___ Records to use ___

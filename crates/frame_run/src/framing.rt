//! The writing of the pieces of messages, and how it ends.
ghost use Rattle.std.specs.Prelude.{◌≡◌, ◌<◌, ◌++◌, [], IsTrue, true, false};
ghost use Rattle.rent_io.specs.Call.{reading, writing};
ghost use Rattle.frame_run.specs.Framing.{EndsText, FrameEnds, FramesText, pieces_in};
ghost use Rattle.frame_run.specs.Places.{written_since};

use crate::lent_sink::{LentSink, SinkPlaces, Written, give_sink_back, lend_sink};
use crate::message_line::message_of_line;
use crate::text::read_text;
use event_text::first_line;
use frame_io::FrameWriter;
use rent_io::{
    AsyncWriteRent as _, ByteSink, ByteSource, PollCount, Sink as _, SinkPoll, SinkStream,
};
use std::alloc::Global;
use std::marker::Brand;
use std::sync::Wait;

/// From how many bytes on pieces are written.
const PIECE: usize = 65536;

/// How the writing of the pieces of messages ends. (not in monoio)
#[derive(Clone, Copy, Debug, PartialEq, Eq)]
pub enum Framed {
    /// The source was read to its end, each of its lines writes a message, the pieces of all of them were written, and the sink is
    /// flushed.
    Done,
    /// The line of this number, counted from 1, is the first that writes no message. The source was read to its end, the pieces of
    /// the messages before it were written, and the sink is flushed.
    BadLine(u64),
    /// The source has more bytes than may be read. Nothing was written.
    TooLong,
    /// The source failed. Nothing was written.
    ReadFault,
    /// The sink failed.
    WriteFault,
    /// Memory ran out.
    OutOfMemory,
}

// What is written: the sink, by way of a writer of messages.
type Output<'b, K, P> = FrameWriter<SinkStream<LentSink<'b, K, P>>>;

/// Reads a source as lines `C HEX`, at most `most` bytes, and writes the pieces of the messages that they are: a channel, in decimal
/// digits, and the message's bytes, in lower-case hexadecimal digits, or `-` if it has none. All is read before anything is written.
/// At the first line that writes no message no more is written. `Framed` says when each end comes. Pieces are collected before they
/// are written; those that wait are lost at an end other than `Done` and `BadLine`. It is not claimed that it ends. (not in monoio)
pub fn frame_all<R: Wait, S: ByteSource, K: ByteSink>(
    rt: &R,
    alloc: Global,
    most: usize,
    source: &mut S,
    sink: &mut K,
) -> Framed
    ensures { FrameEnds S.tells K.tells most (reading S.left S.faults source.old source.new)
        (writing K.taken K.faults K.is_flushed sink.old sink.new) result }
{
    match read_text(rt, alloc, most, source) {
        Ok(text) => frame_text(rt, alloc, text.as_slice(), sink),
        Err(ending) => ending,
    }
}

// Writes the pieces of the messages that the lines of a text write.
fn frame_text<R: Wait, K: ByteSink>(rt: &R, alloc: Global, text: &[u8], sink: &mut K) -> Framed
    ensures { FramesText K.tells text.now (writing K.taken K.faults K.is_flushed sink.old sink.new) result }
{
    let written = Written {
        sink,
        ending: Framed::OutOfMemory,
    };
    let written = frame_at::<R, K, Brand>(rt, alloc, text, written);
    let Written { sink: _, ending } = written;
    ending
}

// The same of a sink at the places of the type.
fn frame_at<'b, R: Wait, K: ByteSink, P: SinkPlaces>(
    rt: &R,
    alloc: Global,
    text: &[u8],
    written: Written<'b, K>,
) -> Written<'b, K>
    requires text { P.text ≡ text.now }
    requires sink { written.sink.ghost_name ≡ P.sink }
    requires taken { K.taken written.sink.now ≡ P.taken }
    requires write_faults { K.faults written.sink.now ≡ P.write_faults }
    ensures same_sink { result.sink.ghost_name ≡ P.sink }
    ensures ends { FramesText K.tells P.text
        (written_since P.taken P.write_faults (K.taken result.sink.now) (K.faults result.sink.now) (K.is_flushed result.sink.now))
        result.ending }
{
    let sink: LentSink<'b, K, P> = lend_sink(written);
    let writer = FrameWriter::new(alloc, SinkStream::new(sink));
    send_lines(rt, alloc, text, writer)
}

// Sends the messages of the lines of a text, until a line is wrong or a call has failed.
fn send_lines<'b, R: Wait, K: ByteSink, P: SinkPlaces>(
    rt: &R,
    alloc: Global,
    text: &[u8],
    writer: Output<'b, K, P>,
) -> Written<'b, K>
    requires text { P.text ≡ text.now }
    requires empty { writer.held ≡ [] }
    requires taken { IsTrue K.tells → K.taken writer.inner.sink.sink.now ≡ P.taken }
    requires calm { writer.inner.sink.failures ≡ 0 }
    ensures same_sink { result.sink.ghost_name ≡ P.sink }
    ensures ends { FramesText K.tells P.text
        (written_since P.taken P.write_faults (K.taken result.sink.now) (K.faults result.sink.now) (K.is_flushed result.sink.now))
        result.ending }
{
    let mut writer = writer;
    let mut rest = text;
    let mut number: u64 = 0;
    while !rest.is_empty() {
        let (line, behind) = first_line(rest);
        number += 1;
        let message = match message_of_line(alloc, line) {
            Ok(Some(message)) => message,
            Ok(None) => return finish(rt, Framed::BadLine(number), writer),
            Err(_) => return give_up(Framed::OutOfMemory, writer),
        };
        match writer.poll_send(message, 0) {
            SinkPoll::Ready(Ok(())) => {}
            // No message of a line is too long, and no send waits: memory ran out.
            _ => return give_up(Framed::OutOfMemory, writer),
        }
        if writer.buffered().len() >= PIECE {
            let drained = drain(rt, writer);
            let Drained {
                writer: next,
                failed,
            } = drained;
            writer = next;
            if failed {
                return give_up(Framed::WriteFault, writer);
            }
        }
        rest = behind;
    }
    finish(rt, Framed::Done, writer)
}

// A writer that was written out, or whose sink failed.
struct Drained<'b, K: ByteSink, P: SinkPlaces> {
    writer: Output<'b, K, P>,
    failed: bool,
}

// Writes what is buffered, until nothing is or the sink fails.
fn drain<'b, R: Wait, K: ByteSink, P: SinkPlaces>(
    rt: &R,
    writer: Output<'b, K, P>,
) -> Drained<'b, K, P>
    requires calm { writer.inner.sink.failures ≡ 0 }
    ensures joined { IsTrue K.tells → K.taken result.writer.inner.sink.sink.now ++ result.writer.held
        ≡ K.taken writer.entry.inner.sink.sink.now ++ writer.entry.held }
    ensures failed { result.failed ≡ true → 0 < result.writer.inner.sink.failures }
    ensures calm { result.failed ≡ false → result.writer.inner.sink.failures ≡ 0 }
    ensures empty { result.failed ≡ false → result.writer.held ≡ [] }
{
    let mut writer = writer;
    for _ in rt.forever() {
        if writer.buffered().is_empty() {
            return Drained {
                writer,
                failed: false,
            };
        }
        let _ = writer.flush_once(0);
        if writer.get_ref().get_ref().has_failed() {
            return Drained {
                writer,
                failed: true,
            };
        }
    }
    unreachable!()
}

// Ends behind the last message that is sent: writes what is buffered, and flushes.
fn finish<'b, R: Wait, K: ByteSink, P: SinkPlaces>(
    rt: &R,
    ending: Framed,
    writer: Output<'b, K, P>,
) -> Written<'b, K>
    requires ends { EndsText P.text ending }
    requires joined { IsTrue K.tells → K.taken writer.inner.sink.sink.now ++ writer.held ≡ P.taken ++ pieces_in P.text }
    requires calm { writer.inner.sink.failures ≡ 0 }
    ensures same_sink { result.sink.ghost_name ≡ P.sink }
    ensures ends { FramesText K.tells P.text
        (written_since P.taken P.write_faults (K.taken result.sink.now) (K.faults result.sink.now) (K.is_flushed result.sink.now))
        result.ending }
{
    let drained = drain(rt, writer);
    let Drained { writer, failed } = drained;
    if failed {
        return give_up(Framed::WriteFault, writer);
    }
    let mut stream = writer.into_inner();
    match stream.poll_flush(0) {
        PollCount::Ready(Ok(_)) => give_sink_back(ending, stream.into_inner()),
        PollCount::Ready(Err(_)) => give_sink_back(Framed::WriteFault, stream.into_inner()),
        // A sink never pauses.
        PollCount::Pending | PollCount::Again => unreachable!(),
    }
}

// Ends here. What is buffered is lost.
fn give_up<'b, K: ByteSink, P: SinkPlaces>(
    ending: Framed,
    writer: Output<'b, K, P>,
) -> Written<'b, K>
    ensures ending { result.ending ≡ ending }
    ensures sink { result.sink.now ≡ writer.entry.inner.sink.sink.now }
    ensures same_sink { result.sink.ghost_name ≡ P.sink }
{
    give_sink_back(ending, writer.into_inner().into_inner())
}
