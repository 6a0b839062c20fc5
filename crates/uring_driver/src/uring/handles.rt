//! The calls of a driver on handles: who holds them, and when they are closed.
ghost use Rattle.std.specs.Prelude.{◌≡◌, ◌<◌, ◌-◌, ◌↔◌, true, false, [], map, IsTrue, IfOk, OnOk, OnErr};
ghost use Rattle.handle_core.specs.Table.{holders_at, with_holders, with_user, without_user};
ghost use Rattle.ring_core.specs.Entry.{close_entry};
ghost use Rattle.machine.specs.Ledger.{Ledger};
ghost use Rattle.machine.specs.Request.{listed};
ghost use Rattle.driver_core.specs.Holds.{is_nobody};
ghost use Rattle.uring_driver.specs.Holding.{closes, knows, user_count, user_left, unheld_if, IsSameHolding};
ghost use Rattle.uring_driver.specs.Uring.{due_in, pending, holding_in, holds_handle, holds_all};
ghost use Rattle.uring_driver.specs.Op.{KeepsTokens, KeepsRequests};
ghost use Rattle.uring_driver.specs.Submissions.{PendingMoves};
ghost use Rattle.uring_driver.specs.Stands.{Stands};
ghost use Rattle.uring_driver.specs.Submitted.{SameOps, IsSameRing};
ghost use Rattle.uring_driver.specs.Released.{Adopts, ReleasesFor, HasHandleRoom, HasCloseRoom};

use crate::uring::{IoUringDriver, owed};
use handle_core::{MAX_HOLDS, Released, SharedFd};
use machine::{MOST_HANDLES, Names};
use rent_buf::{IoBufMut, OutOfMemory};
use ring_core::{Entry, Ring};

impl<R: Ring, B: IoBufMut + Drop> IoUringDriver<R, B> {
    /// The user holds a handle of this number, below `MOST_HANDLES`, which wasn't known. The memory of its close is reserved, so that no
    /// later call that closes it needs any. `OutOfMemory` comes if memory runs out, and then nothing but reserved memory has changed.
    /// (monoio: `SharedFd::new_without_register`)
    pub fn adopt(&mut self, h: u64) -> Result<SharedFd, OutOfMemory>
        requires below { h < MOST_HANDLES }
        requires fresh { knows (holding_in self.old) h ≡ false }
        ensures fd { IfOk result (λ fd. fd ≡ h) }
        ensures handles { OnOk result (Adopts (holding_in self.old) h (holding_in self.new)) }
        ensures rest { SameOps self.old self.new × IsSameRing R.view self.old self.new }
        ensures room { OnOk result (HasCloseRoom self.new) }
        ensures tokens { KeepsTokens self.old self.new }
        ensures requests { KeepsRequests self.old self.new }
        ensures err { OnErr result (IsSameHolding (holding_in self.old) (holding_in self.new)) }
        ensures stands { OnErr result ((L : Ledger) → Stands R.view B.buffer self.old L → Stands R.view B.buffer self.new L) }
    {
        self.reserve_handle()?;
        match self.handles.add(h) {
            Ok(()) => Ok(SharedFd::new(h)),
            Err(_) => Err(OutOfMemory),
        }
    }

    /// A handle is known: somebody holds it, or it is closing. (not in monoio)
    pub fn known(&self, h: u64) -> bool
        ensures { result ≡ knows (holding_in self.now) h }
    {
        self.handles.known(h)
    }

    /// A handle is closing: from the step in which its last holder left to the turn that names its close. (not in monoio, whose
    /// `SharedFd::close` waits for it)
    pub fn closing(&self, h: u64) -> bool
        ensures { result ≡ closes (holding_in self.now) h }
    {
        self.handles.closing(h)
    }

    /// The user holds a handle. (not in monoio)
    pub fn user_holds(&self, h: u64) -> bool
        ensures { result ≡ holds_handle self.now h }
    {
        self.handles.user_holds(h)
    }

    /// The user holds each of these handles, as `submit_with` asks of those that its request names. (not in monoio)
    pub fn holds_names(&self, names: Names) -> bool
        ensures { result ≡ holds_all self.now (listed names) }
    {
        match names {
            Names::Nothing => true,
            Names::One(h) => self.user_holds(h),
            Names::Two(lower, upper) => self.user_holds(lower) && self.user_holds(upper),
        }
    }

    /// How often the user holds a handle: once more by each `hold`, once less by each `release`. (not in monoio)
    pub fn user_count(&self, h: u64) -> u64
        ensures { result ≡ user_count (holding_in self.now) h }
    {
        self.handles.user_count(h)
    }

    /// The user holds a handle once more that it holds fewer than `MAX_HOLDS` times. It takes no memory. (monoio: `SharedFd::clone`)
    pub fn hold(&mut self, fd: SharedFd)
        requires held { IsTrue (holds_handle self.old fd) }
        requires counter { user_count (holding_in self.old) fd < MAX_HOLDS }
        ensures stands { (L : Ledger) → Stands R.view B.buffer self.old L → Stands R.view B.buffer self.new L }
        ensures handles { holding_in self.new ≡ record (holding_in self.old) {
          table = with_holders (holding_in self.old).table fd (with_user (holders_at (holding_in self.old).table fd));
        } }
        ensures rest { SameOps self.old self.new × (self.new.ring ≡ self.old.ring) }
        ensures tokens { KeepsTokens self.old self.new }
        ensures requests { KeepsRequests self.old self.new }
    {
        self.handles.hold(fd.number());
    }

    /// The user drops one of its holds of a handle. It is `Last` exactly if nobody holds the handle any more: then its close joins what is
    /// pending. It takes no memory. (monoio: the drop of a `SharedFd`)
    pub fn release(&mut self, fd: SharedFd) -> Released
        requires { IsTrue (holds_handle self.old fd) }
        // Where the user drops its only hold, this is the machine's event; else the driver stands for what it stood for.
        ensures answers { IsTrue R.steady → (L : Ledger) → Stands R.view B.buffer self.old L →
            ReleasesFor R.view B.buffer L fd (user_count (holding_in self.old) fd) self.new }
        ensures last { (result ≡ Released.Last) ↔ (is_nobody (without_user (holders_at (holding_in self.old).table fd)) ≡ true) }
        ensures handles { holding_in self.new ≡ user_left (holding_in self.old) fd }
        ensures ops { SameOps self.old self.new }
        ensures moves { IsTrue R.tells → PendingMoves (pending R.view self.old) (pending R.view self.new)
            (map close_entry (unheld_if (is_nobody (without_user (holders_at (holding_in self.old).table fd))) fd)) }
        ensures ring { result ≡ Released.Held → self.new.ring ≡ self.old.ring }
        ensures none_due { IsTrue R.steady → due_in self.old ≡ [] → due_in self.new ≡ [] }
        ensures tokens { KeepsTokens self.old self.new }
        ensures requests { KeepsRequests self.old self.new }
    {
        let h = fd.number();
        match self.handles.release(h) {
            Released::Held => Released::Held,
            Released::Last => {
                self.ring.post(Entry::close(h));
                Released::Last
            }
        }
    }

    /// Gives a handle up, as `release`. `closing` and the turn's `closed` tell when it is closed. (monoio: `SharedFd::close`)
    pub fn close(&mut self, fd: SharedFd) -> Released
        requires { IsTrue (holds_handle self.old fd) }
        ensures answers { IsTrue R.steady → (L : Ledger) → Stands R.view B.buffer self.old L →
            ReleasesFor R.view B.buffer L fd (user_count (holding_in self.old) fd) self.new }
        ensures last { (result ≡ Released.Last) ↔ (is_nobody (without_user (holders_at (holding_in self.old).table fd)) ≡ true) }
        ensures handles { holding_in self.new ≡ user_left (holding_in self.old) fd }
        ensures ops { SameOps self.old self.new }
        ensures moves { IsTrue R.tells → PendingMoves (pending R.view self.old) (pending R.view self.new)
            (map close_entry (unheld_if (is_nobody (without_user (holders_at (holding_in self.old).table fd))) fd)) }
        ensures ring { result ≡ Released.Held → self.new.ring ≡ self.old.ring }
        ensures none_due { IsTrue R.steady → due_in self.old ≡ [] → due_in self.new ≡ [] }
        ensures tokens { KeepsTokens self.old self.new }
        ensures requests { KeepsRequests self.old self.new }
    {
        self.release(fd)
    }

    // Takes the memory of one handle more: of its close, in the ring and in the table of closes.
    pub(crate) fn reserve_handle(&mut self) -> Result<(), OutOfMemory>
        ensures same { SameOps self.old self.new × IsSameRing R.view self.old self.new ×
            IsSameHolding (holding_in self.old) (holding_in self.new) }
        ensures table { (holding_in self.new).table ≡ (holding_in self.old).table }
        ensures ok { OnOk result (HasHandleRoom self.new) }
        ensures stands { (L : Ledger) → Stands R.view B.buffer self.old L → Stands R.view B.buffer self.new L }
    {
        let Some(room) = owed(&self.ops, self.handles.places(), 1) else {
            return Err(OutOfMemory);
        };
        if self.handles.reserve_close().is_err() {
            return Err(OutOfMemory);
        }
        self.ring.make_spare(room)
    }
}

___

For each line in the data that holds "SinkStream", add one to a count, then report that count alone.

** Answer space **
3